Nothing should differ. Repeat every record as written.

Content starts

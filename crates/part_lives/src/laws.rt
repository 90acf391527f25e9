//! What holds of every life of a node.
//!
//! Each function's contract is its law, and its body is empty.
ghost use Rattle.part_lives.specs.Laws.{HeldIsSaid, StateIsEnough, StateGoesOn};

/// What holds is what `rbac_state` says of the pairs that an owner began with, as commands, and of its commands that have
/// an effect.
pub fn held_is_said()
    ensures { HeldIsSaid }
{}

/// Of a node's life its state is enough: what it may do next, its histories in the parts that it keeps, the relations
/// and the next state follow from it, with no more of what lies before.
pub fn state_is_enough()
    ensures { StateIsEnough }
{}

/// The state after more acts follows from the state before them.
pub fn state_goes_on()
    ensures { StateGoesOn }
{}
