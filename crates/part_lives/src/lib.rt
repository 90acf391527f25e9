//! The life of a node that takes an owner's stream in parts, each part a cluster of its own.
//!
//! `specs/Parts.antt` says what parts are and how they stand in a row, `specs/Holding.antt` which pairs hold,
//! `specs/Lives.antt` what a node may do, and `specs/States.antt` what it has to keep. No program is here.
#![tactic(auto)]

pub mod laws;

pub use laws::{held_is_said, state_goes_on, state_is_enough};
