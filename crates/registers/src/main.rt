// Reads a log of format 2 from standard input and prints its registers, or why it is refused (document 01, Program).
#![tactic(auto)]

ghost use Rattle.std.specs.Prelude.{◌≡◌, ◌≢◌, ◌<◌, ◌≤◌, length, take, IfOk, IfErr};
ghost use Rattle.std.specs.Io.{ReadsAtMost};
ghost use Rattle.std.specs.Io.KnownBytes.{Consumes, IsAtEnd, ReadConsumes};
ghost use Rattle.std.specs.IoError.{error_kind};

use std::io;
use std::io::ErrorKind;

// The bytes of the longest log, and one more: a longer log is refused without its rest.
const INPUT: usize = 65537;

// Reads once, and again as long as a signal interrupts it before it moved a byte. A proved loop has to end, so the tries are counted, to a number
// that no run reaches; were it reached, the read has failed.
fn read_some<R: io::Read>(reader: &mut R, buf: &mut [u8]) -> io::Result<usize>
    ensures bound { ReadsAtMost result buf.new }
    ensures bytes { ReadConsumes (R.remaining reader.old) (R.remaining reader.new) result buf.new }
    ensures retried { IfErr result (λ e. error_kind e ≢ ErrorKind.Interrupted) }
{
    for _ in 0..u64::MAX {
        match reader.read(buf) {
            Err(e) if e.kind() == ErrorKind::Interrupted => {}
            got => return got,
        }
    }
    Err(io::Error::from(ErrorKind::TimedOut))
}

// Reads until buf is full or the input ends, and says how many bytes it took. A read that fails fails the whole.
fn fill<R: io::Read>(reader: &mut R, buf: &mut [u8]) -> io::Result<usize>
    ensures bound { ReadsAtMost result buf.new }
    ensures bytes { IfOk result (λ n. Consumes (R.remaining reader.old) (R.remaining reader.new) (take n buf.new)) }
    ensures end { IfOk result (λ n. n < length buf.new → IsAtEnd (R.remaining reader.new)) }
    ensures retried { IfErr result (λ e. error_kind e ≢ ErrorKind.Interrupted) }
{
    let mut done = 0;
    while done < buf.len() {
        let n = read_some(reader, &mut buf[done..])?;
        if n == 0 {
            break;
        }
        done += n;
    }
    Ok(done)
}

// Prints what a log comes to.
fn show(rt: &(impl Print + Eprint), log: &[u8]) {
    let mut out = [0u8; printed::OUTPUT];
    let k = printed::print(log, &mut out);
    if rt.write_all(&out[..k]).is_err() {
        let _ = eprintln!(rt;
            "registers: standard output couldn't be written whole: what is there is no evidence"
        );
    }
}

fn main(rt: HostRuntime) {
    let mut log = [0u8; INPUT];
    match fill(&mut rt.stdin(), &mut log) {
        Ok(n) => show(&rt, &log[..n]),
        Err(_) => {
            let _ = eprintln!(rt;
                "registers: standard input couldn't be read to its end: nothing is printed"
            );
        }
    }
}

Content ends

TASK SOLUTION
filename crates/part_lives/src/laws.rt
repository 90acf391527f25e9
//! What holds of every life of a node.
//!
//! Each function's contract is its law, and its body is empty.
ghost use Rattle.part_lives.specs.Laws.{HeldIsSaid, StateIsEnough, StateGoesOn};

/// What holds is what `rbac_state` says of the pairs that an owner began with, as commands, and of its commands that have
/// an effect.
pub fn held_is_said()
    ensures { HeldIsSaid }
{}

/// Of a node's life its state is enough: what it may do next, its histories in the parts that it keeps, the relations
/// and the next state follow from it, with no more of what lies before.
pub fn state_is_enough()
    ensures { StateIsEnough }
{}

/// The state after more acts follows from the state before them.
pub fn state_goes_on()
    ensures { StateGoesOn }
{}
filename crates/part_lives/src/lib.rt
repository 90acf391527f25e9
//! The life of a node that takes an owner's stream in parts, each part a cluster of its own.
//!
//! `specs/Parts.antt` says what parts are and how they stand in a row, `specs/Holding.antt` which pairs hold,
//! `specs/Lives.antt` what a node may do, and `specs/States.antt` what it has to keep. No program is here.
#![tactic(auto)]

pub mod laws;

pub use laws::{held_is_said, state_goes_on, state_is_enough};
filename crates/registers/src/main.rt
// Reads a log of format 2 from standard input and prints its registers, or why it is refused (document 01, Program).
#![tactic(auto)]

ghost use Rattle.std.specs.Prelude.{◌≡◌, ◌≢◌, ◌<◌, ◌≤◌, length, take, IfOk, IfErr};
ghost use Rattle.std.specs.Io.{ReadsAtMost};
ghost use Rattle.std.specs.Io.KnownBytes.{Consumes, IsAtEnd, ReadConsumes};
ghost use Rattle.std.specs.IoError.{error_kind};

use std::io;
use std::io::ErrorKind;

// The bytes of the longest log, and one more: a longer log is refused without its rest.
const INPUT: usize = 65537;

// Reads once, and again as long as a signal interrupts it before it moved a byte. A proved loop has to end, so the tries are counted, to a number
// that no run reaches; were it reached, the read has failed.
fn read_some<R: io::Read>(reader: &mut R, buf: &mut [u8]) -> io::Result<usize>
    ensures bound { ReadsAtMost result buf.new }
    ensures bytes { ReadConsumes (R.remaining reader.old) (R.remaining reader.new) result buf.new }
    ensures retried { IfErr result (λ e. error_kind e ≢ ErrorKind.Interrupted) }
{
    for _ in 0..u64::MAX {
        match reader.read(buf) {
            Err(e) if e.kind() == ErrorKind::Interrupted => {}
            got => return got,
        }
    }
    Err(io::Error::from(ErrorKind::TimedOut))
}

// Reads until buf is full or the input ends, and says how many bytes it took. A read that fails fails the whole.
fn fill<R: io::Read>(reader: &mut R, buf: &mut [u8]) -> io::Result<usize>
    ensures bound { ReadsAtMost result buf.new }
    ensures bytes { IfOk result (λ n. Consumes (R.remaining reader.old) (R.remaining reader.new) (take n buf.new)) }
    ensures end { IfOk result (λ n. n < length buf.new → IsAtEnd (R.remaining reader.new)) }
    ensures retried { IfErr result (λ e. error_kind e ≢ ErrorKind.Interrupted) }
{
    let mut done = 0;
    while done < buf.len() {
        let n = read_some(reader, &mut buf[done..])?;
        if n == 0 {
            break;
        }
        done += n;
    }
    Ok(done)
}

// Prints what a log comes to.
fn show(rt: &(impl Print + Eprint), log: &[u8]) {
    let mut out = [0u8; printed::OUTPUT];
    let k = printed::print(log, &mut out);
    if rt.write_all(&out[..k]).is_err() {
        let _ = eprintln!(rt;
            "registers: standard output couldn't be written whole: what is there is no evidence"
        );
    }
}

fn main(rt: HostRuntime) {
    let mut log = [0u8; INPUT];
    match fill(&mut rt.stdin(), &mut log) {
        Ok(n) => show(&rt, &log[..n]),
        Err(_) => {
            let _ = eprintln!(rt;
                "registers: standard input couldn't be read to its end: nothing is printed"
            );
        }
    }
}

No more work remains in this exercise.